> [Try it]:
Reproduce exactly the lines below from the one containing "out. It takes no memory." through the one containing "is_used_at self.old (arc_value", including both, and nothing else.

(Source data)
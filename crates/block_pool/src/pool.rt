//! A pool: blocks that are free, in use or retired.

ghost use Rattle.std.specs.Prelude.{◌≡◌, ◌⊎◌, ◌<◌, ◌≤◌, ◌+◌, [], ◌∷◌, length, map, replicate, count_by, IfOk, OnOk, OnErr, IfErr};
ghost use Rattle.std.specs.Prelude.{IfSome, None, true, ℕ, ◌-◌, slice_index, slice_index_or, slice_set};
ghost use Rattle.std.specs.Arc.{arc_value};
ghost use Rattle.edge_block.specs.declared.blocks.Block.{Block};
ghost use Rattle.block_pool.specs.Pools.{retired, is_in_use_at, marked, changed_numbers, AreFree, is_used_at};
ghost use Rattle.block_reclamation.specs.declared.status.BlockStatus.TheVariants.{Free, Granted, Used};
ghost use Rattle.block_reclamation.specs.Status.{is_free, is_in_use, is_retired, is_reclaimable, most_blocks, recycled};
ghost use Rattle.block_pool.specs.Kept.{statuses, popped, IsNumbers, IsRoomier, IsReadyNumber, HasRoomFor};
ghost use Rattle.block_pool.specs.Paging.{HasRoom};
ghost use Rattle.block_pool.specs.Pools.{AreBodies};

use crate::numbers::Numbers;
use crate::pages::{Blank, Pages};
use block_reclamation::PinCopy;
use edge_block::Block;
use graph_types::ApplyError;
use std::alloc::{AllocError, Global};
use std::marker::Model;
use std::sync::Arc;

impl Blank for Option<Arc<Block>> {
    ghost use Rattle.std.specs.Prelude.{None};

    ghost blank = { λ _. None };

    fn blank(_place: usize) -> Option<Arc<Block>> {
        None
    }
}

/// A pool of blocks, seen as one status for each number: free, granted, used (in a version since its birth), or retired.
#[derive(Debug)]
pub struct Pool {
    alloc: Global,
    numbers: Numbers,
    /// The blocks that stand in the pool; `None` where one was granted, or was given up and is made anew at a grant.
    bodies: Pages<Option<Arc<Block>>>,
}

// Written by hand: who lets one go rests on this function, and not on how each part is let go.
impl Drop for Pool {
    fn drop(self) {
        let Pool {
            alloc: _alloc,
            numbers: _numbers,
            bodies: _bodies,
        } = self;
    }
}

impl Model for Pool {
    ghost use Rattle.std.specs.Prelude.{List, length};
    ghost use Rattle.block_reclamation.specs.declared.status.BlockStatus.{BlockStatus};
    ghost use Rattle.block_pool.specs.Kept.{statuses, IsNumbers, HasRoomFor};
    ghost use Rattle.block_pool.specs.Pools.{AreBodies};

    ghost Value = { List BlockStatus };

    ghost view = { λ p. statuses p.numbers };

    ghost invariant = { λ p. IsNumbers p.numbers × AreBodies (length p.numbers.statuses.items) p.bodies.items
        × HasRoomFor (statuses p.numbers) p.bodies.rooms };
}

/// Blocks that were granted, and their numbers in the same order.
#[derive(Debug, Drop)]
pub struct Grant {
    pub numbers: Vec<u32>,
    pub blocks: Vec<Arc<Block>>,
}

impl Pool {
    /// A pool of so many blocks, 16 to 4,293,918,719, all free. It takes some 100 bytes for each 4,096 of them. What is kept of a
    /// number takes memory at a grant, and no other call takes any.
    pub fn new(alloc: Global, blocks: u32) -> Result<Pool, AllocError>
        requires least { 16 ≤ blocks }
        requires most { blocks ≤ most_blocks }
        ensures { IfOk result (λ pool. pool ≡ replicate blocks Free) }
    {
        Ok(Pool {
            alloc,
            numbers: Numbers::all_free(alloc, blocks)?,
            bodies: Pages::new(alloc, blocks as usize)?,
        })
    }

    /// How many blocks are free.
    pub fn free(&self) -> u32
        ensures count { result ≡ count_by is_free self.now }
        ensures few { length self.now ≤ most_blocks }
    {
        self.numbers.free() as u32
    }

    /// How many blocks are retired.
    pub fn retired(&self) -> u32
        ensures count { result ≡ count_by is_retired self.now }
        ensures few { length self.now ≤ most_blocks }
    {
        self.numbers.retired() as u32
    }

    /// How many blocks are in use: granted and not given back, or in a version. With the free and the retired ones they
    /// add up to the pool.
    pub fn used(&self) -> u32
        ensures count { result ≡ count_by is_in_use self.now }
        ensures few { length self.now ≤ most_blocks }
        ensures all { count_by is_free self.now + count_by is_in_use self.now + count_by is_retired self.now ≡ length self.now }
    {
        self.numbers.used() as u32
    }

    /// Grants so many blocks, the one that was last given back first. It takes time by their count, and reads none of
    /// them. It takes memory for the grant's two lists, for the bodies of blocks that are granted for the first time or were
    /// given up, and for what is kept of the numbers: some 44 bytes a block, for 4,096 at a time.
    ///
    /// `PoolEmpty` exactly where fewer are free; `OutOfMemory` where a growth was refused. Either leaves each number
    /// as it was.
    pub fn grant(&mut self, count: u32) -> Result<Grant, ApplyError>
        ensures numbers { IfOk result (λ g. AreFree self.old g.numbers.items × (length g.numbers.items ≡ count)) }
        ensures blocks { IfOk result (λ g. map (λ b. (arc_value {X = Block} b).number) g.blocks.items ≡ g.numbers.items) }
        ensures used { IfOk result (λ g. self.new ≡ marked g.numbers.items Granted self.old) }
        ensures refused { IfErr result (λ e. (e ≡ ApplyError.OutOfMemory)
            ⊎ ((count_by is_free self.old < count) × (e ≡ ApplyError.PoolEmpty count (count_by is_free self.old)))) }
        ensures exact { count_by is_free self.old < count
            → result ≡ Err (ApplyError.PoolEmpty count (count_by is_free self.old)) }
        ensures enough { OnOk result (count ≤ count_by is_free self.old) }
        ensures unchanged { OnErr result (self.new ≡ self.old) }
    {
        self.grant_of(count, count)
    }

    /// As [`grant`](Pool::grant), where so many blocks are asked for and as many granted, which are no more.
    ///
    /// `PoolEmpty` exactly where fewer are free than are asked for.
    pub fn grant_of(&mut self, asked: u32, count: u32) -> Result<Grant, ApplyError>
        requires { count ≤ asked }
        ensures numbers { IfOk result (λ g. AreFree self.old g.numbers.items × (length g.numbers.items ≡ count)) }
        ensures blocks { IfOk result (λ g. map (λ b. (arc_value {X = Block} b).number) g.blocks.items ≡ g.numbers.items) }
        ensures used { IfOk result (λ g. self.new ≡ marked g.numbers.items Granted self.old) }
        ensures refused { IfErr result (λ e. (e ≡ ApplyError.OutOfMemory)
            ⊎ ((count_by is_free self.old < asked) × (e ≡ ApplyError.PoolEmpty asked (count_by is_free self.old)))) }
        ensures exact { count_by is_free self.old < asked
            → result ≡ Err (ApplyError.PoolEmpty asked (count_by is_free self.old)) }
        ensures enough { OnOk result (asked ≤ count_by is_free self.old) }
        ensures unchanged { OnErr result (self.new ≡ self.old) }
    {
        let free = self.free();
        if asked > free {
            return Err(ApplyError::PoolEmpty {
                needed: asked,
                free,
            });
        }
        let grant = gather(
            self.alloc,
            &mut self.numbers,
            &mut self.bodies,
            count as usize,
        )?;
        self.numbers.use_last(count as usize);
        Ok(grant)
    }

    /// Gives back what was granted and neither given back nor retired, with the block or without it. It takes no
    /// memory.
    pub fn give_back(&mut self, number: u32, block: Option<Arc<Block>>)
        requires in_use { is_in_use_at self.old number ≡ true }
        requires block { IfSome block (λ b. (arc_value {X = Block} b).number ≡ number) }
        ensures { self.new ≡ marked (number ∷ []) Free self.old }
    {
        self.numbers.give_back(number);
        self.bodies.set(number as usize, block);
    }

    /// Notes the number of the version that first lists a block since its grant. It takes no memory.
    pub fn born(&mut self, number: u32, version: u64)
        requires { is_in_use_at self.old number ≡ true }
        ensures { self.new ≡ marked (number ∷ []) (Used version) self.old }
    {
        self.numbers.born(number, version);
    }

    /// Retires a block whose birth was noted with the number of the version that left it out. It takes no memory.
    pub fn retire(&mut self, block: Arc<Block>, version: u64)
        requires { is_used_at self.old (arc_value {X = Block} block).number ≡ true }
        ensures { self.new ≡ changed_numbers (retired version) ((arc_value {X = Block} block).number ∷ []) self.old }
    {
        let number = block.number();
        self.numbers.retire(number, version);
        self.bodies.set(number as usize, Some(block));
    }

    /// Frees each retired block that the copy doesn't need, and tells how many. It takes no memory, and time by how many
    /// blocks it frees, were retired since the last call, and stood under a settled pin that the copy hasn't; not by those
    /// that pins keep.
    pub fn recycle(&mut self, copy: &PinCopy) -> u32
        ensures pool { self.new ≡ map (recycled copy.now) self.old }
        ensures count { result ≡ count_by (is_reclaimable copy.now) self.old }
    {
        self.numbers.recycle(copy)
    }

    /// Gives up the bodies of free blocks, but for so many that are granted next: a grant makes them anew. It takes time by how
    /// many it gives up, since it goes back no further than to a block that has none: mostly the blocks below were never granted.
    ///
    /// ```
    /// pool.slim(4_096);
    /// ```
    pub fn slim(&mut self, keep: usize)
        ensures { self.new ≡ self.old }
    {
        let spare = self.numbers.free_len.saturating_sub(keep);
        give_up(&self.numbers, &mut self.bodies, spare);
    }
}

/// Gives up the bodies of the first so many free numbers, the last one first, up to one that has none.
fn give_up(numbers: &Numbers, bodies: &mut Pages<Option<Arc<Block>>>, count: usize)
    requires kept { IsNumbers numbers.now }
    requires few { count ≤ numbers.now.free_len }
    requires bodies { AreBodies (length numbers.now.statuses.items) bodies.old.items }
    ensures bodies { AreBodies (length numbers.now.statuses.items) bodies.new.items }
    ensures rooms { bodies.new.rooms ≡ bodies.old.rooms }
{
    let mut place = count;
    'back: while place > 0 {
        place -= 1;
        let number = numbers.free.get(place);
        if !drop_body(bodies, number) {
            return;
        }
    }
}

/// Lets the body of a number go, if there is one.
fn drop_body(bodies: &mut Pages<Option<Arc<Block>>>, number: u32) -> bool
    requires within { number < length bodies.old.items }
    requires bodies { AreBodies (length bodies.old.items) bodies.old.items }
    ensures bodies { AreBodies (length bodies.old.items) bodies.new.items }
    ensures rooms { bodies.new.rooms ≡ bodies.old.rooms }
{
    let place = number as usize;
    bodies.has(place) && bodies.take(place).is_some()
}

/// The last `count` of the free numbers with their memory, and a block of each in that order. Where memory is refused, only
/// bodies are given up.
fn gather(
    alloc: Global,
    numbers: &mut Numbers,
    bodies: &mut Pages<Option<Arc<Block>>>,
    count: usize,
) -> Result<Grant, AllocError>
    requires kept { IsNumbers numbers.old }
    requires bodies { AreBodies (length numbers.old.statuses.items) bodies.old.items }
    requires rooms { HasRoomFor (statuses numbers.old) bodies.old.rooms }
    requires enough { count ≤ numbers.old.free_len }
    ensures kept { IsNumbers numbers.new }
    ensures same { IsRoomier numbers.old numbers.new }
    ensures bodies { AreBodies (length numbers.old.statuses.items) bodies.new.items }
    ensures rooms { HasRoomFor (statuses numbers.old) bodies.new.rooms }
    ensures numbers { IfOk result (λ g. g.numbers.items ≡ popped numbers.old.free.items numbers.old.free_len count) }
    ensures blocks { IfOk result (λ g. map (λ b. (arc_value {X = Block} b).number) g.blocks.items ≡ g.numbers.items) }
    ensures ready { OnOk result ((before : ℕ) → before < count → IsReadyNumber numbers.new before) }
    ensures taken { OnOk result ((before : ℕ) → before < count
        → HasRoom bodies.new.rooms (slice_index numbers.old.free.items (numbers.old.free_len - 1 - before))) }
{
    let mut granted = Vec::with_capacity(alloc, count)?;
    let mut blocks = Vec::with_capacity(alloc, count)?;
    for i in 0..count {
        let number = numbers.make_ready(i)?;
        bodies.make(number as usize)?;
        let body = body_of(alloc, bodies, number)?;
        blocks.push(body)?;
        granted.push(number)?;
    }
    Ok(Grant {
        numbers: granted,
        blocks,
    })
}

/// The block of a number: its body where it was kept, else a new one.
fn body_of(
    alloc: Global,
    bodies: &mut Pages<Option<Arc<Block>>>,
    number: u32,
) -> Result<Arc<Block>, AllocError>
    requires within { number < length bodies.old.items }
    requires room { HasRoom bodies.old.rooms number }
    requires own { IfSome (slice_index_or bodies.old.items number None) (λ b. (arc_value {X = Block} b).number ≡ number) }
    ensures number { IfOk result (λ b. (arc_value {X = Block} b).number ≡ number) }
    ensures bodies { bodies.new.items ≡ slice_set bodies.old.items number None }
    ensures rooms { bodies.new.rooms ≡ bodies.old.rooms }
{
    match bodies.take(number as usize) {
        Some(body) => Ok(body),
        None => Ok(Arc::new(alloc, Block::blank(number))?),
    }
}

> [Task response]:
    /// Retires a block whose birth was noted with the number of the version that left it out. It takes no memory.
    pub fn retire(&mut self, block: Arc<Block>, version: u64)
        requires { is_used_at self.old (arc_value {X = Block} block).number ≡ true }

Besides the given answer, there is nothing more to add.